● Directions: Using the entries below, write out the line with "a source and", the line with "DIM 1 to 64.", and every line in between, exactly as each is written.

● Stored data entries:
▬▬▬▬▬▬▬▬▬▬
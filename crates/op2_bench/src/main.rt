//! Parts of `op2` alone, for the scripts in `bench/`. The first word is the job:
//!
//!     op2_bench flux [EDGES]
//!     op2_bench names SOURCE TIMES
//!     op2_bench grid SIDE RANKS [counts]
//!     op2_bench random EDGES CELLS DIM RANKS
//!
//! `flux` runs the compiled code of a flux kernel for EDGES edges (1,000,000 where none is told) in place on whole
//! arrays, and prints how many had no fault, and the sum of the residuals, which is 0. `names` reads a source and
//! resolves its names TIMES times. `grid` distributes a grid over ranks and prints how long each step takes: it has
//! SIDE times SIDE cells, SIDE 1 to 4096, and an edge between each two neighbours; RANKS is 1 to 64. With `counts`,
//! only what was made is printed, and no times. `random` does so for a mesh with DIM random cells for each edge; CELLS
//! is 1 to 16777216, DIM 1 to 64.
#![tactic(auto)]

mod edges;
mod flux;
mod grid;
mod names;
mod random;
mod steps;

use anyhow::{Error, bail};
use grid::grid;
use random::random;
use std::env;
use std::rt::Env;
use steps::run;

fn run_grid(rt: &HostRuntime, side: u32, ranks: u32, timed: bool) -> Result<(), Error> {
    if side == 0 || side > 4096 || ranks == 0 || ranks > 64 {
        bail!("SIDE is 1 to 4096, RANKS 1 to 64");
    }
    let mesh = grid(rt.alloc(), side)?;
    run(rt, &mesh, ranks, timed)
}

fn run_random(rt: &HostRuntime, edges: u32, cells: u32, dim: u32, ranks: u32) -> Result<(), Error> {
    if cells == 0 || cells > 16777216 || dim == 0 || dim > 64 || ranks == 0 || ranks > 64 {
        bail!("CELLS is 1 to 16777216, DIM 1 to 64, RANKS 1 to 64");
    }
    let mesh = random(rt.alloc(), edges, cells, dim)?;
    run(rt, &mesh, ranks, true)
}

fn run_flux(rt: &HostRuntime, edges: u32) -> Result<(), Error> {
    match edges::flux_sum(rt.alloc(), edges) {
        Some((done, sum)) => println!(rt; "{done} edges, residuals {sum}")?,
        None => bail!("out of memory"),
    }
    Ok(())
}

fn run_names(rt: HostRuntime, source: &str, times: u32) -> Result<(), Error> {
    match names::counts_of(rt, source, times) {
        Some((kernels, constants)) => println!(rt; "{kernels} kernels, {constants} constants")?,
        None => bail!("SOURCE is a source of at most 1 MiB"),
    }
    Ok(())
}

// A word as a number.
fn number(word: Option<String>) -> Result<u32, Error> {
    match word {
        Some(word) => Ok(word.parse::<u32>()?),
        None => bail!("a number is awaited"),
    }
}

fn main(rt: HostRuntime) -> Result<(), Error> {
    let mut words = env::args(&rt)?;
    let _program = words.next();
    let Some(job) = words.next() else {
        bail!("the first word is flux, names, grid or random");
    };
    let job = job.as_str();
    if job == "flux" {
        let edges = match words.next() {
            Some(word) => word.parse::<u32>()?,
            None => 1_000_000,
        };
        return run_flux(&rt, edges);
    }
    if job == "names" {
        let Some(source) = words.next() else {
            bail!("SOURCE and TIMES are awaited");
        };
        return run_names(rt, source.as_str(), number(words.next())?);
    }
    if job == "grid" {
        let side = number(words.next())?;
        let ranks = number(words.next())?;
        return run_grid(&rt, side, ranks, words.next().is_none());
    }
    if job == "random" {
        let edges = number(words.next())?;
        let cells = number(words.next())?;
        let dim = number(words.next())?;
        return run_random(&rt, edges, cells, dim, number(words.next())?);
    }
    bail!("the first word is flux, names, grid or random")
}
▬▬▬▬▬▬▬▬▬▬
● Answer section:
//! arrays, and prints how many had no fault, and the sum of the residuals, which is 0. `names` reads a source and
//! resolves its names TIMES times. `grid` distributes a grid over ranks and prints how long each step takes: it has
//! SIDE times SIDE cells, SIDE 1 to 4096, and an edge between each two neighbours; RANKS is 1 to 64. With `counts`,
//! only what was made is printed, and no times. `random` does so for a mesh with DIM random cells for each edge; CELLS
//! is 1 to 16777216, DIM 1 to 64.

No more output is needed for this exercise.